• What is required
Every record must come back exactly as given.

━━━━━ Task data ━━━━━

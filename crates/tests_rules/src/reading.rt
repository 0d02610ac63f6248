use crate::{constant_in, row_of};
use cr_check_constants::Constant;
use cr_check_initialisers::Anchor;
use cr_check_operands::Fact;
use cr_check_types::Table;
use cr_rows::Row;
use cr_syntax::{Kind, Node};
use std::alloc::{AllocError, Global};

/// The nodes of an initialiser, with what its expressions have.
#[derive(Drop)]
pub(crate) struct Read {
    pub nodes: Vec<Node>,
    pub facts: Vec<Fact>,
    pub anchors: Vec<Anchor>,
}

/// A list whose end is still to come.
#[derive(Drop)]
struct Open {
    first: u32,
    parts: Row<u32>,
}

/// Reads an initialiser in words, behind the nodes 0 and 1; the words are its tokens, from 1 on. A number is an int constant, `"ab"` a
/// string literal, and a letter an expression by `typed`.
pub(crate) fn nodes_of(alloc: Global, table: &mut Table, text: &str) -> Result<Read, AllocError> {
    let mut read = Read {
        nodes: Vec::new(alloc),
        facts: Vec::new(alloc),
        anchors: Vec::new(alloc),
    };
    read_all(alloc, table, &mut read, text)?;
    Ok(read)
}

fn read_all(
    alloc: Global,
    table: &mut Table,
    read: &mut Read,
    text: &str,
) -> Result<(), AllocError> {
    for _ in 0..2 {
        leaf(alloc, table, read, Kind::StructContent, 0, "u")?;
    }
    read_words(alloc, table, read, text)
}

fn read_words(
    alloc: Global,
    table: &mut Table,
    read: &mut Read,
    text: &str,
) -> Result<(), AllocError> {
    let mut lists: Vec<Open> = Vec::new(alloc);
    let mut token: u32 = 0;
    for word in text.split(' ') {
        token = token.saturating_add(1);
        read_word(alloc, table, read, &mut lists, token, word)?;
    }
    Ok(())
}

fn read_word(
    alloc: Global,
    table: &mut Table,
    read: &mut Read,
    lists: &mut Vec<Open>,
    token: u32,
    word: &str,
) -> Result<(), AllocError> {
    match word {
        "{" => open_list(alloc, lists, token),
        "}" => {
            let node = closed(read, lists.pop())?;
            add_part(lists, node)
        }
        _ => {
            let node = leaf(alloc, table, read, kind_of(word), token, word)?;
            add_part(lists, node)
        }
    }
}

fn open_list(alloc: Global, lists: &mut Vec<Open>, first: u32) -> Result<(), AllocError> {
    lists.push(Open {
        first,
        parts: Row::new(alloc),
    })?;
    Ok(())
}

// Adds a node to the innermost list, if there is one.
fn add_part(lists: &mut Vec<Open>, node: u32) -> Result<(), AllocError> {
    match lists.last_mut() {
        Some(list) => list.parts.push(node),
        None => Ok(()),
    }
}

fn kind_of(word: &str) -> Kind {
    if word.starts_with("\"") {
        Kind::Text
    } else {
        Kind::Identifier
    }
}

fn closed(read: &mut Read, list: Option<Open>) -> Result<u32, AllocError> {
    match list {
        Some(list) => {
            let node = Node {
                kind: Kind::InitializerList,
                first: list.first,
                last: list.first,
                parts: list.parts,
            };
            let none = expression(0, Constant::NotConstant);
            add(read, node, none, Anchor::Moving)
        }
        None => Ok(0),
    }
}

fn leaf(
    alloc: Global,
    table: &mut Table,
    read: &mut Read,
    kind: Kind,
    token: u32,
    word: &str,
) -> Result<u32, AllocError> {
    let (words, anchor) = typed(word);
    let row = if word == "u" {
        0
    } else {
        row_of(table, words)?
    };
    let node = Node {
        kind,
        first: token,
        last: token,
        parts: Row::new(alloc),
    };
    add(read, node, expression(row, constant_in(word)), anchor)
}

fn add(read: &mut Read, node: Node, fact: Fact, anchor: Anchor) -> Result<u32, AllocError> {
    let at = read.nodes.len();
    read.nodes.push(node)?;
    read.facts.push(fact)?;
    read.anchors.push(anchor)?;
    u32::try_from(at).map_err(|_| AllocError)
}

// All are places, as arrays and literals are in a file: what the others hold is of the same type.
fn expression(row: u32, constant: Constant) -> Fact {
    Fact {
        row,
        lvalue: true,
        register: false,
        constant,
        null: false,
    }
}

// The type of an expression, and what of its address is constant: `x` is an int, `p` a pointer to int, `s` the structure of node 0; `a`
// is a static array, and `q` the address of a static int. `u` has no type.
fn typed(word: &str) -> (&'static str, Anchor) {
    match word {
        "p" => ("* int", Anchor::Moving),
        "s" => ("S0", Anchor::Moving),
        "a" => ("[2] int", Anchor::Place),
        "q" => ("* int", Anchor::Address),
        "\"\"" => ("[1] char", Anchor::Place),
        "\"ab\"" => ("[3] char", Anchor::Place),
        "\"abc\"" => ("[4] char", Anchor::Place),
        _ => ("int", Anchor::Moving),
    }
}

━━━━━

• Written answer
filename crates/tests_rules/src/reading.rt
repository 0d02610ac63f6248
use crate::{constant_in, row_of};
use cr_check_constants::Constant;
use cr_check_initialisers::Anchor;
use cr_check_operands::Fact;
use cr_check_types::Table;
use cr_rows::Row;
use cr_syntax::{Kind, Node};
use std::alloc::{AllocError, Global};

/// The nodes of an initialiser, with what its expressions have.
#[derive(Drop)]
pub(crate) struct Read {
    pub nodes: Vec<Node>,
    pub facts: Vec<Fact>,
    pub anchors: Vec<Anchor>,
}

/// A list whose end is still to come.
#[derive(Drop)]
struct Open {
    first: u32,
    parts: Row<u32>,
}

/// Reads an initialiser in words, behind the nodes 0 and 1; the words are its tokens, from 1 on. A number is an int constant, `"ab"` a
/// string literal, and a letter an expression by `typed`.
pub(crate) fn nodes_of(alloc: Global, table: &mut Table, text: &str) -> Result<Read, AllocError> {
    let mut read = Read {
        nodes: Vec::new(alloc),
        facts: Vec::new(alloc),
        anchors: Vec::new(alloc),
    };
    read_all(alloc, table, &mut read, text)?;
    Ok(read)
}

fn read_all(
    alloc: Global,
    table: &mut Table,
    read: &mut Read,
    text: &str,
) -> Result<(), AllocError> {
    for _ in 0..2 {
        leaf(alloc, table, read, Kind::StructContent, 0, "u")?;
    }
    read_words(alloc, table, read, text)
}

fn read_words(
    alloc: Global,
    table: &mut Table,
    read: &mut Read,
    text: &str,
) -> Result<(), AllocError> {
    let mut lists: Vec<Open> = Vec::new(alloc);
    let mut token: u32 = 0;
    for word in text.split(' ') {
        token = token.saturating_add(1);
        read_word(alloc, table, read, &mut lists, token, word)?;
    }
    Ok(())
}

fn read_word(
    alloc: Global,
    table: &mut Table,
    read: &mut Read,
    lists: &mut Vec<Open>,
    token: u32,
    word: &str,
) -> Result<(), AllocError> {
    match word {
        "{" => open_list(alloc, lists, token),
        "}" => {
            let node = closed(read, lists.pop())?;
            add_part(lists, node)
        }
        _ => {
            let node = leaf(alloc, table, read, kind_of(word), token, word)?;
            add_part(lists, node)
        }
    }
}

fn open_list(alloc: Global, lists: &mut Vec<Open>, first: u32) -> Result<(), AllocError> {
    lists.push(Open {
        first,
        parts: Row::new(alloc),
    })?;
    Ok(())
}

// Adds a node to the innermost list, if there is one.
fn add_part(lists: &mut Vec<Open>, node: u32) -> Result<(), AllocError> {
    match lists.last_mut() {
        Some(list) => list.parts.push(node),
        None => Ok(()),
    }
}

fn kind_of(word: &str) -> Kind {
    if word.starts_with("\"") {
        Kind::Text
    } else {
        Kind::Identifier
    }
}

fn closed(read: &mut Read, list: Option<Open>) -> Result<u32, AllocError> {
    match list {
        Some(list) => {
            let node = Node {
                kind: Kind::InitializerList,
                first: list.first,
                last: list.first,
                parts: list.parts,
            };
            let none = expression(0, Constant::NotConstant);
            add(read, node, none, Anchor::Moving)
        }
        None => Ok(0),
    }
}

fn leaf(
    alloc: Global,
    table: &mut Table,
    read: &mut Read,
    kind: Kind,
    token: u32,
    word: &str,
) -> Result<u32, AllocError> {
    let (words, anchor) = typed(word);
    let row = if word == "u" {
        0
    } else {
        row_of(table, words)?
    };
    let node = Node {
        kind,
        first: token,
        last: token,
        parts: Row::new(alloc),
    };
    add(read, node, expression(row, constant_in(word)), anchor)
}

fn add(read: &mut Read, node: Node, fact: Fact, anchor: Anchor) -> Result<u32, AllocError> {
    let at = read.nodes.len();
    read.nodes.push(node)?;
    read.facts.push(fact)?;
    read.anchors.push(anchor)?;
    u32::try_from(at).map_err(|_| AllocError)
}

// All are places, as arrays and literals are in a file: what the others hold is of the same type.
fn expression(row: u32, constant: Constant) -> Fact {
    Fact {
        row,
        lvalue: true,
        register: false,
        constant,
        null: false,
    }
}

// The type of an expression, and what of its address is constant: `x` is an int, `p` a pointer to int, `s` the structure of node 0; `a`
// is a static array, and `q` the address of a static int. `u` has no type.
fn typed(word: &str) -> (&'static str, Anchor) {
    match word {
        "p" => ("* int", Anchor::Moving),
        "s" => ("S0", Anchor::Moving),
        "a" => ("[2] int", Anchor::Place),
        "q" => ("* int", Anchor::Address),
        "\"\"" => ("[1] char", Anchor::Place),
        "\"ab\"" => ("[3] char", Anchor::Place),
        "\"abc\"" => ("[4] char", Anchor::Place),
        _ => ("int", Anchor::Moving),
    }
}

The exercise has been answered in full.